Problem> Would you please return the line containing "cannot be read." and all the lines after it through the end of the records below, unchanged and on their own?

::: Entries provided

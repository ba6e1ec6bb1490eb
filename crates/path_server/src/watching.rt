//! Peers that ask for the numbers of a server.

ghost use Rattle.std.specs.Prelude.{◌≡◌};
ghost use Rattle.status_server.specs.LookupTimes.{AreLookupTimes};

use crate::reports::Reports;
use crate::server::Server;
use hub_claims::HubName;
use path_hub::{Completed, Hub};
use sector_dev::Device;
use server_front::{Cause, Listener, MOST_SESSIONS, Visitor, next_visitor};
use status_page::{Asked, CallTime, Counts, EndCounts, RefusedCounts};
use status_server::{ReplyKind, Visits, answer};
use std::alloc::AllocError;
use std::sync::Wait;
use std::sync::atomic::Ordering;
use std::time::Clock;

impl<L: Listener + Drop, O: Reports> Server<'_, L, O> {
    /// Answers the peers of a listener, until the server is at its end or the listener is broken,
    /// and the visits that are under way then are over.
    pub(crate) fn watch<D: Device, N: HubName, R: Wait + Clock>(
        &self,
        hub: &Hub<D, N, R>,
        listener: &L,
    ) {
        let rt = hub.handle();
        let mut visits = Visits::new(self.alloc);
        for _ in rt.forever() {
            match next_visitor(rt, listener, !visits.is_empty(), || self.is_open()) {
                Visitor::Peer(stream) => visits.begin(rt, stream),
                Visitor::Over if visits.is_empty() => return,
                Visitor::Nobody | Visitor::Over => visits.wait(),
            }
            visits.go_on(rt, |asked| self.text_for(hub, asked));
        }
    }

    /// The text of an answer. The state's lock is not taken.
    fn text_for<D: Device, N: HubName, R: Wait + Clock>(
        &self,
        hub: &Hub<D, N, R>,
        asked: Asked,
    ) -> Result<String, AllocError> {
        let refusals = self.replies.refusals(self.alloc)?;
        let (numbers, completed) = hub.numbers();
        let call = call_of(hub);
        let counts = self.counts(hub.handle(), call, completed);
        answer(self.alloc, asked, &numbers, &counts, refusals.as_slice())
    }

    /// The counts of what the server has done, with what its actors have completed and the call of
    /// the device that is under way.
    fn counts(&self, clock: &impl Clock, call: Option<CallTime>, completed: Completed) -> Counts
        ensures call { result.call ≡ call }
        ensures groups { result.groups ≡ completed.groups }
        ensures seals { result.seals ≡ completed.seals }
        ensures checkpoints { result.checkpoints ≡ completed.checkpoints }
        ensures commits { result.commits ≡ completed.commits }
        ensures lookups { AreLookupTimes result.lookups }
    {
        Counts {
            call,
            groups: completed.groups,
            seals: completed.seals,
            checkpoints: completed.checkpoints,
            checkpoint_time: self
                .checkpoint_time
                .load(Ordering::SeqCst)
                .saturating_mul(1_000),
            waits: self.waiting.now(),
            commits: completed.commits,
            lookups: self.replies.lookup_times(),
            sessions: self.taken().min(MOST_SESSIONS),
            started: self.door.started(),
            refused: self.refused(),
            ended: self.ended(),
            registered: self.replies.of(ReplyKind::Registered),
            found: self.replies.of(ReplyKind::Found),
            listed: self.replies.of(ReplyKind::Listed),
            purged: self.replies.of(ReplyKind::Purged),
            removed: self.replies.of(ReplyKind::Removed),
            outcomes: self.replies.outcomes(),
            own_purges: self.own_purges.now(),
            dropped: self.reports.dropped(),
            seconds: self.seconds(clock),
            begun: self.begun_at,
            usage: self.reports.usage(),
        }
    }

    /// The number of connections that were refused a session, by the reason.
    fn refused(&self) -> RefusedCounts {
        RefusedCounts {
            seats: self
                .turned_away
                .all()
                .saturating_add(self.lookups_turned_away.all()),
            address: self.address_full.all(),
            thread: self.no_thread.all(),
        }
    }

    /// The number of sessions that have ended, by the cause.
    fn ended(&self) -> EndCounts {
        EndCounts {
            closed: self.ends.of(Cause::Orderly),
            idle: self.ends.of(Cause::Idle),
            frame: self.ends.of(Cause::Frame),
            connection: self.ends.of(Cause::Failed),
            memory: self.ends.of(Cause::NoMemory),
            server: self.ends.of(Cause::Server),
        }
    }

    /// The number of seconds that the server has run, or 0 where the clock cannot be read.
    fn seconds(&self, clock: &impl Clock) -> u64 {
        let Some(begun) = self.begun else {
            return 0;
        };
        match begun.elapsed(clock) {
            Ok(elapsed) => elapsed.as_secs(),
            Err(_) => 0,
        }
    }
}

/// The call of a hub that is using the device.
fn call_of<D: Device, N: HubName, R: Wait + Clock>(hub: &Hub<D, N, R>) -> Option<CallTime> {
    let (call, microseconds) = hub.under_way()?;
    Some(CallTime { call, microseconds })
}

::::::

Your response>
    /// The number of seconds that the server has run, or 0 where the clock cannot be read.
    fn seconds(&self, clock: &impl Clock) -> u64 {
        let Some(begun) = self.begun else {
            return 0;
        };
        match begun.elapsed(clock) {
            Ok(elapsed) => elapsed.as_secs(),
            Err(_) => 0,
        }
    }
}

/// The call of a hub that is using the device.
fn call_of<D: Device, N: HubName, R: Wait + Clock>(hub: &Hub<D, N, R>) -> Option<CallTime> {
    let (call, microseconds) = hub.under_way()?;
    Some(CallTime { call, microseconds })
}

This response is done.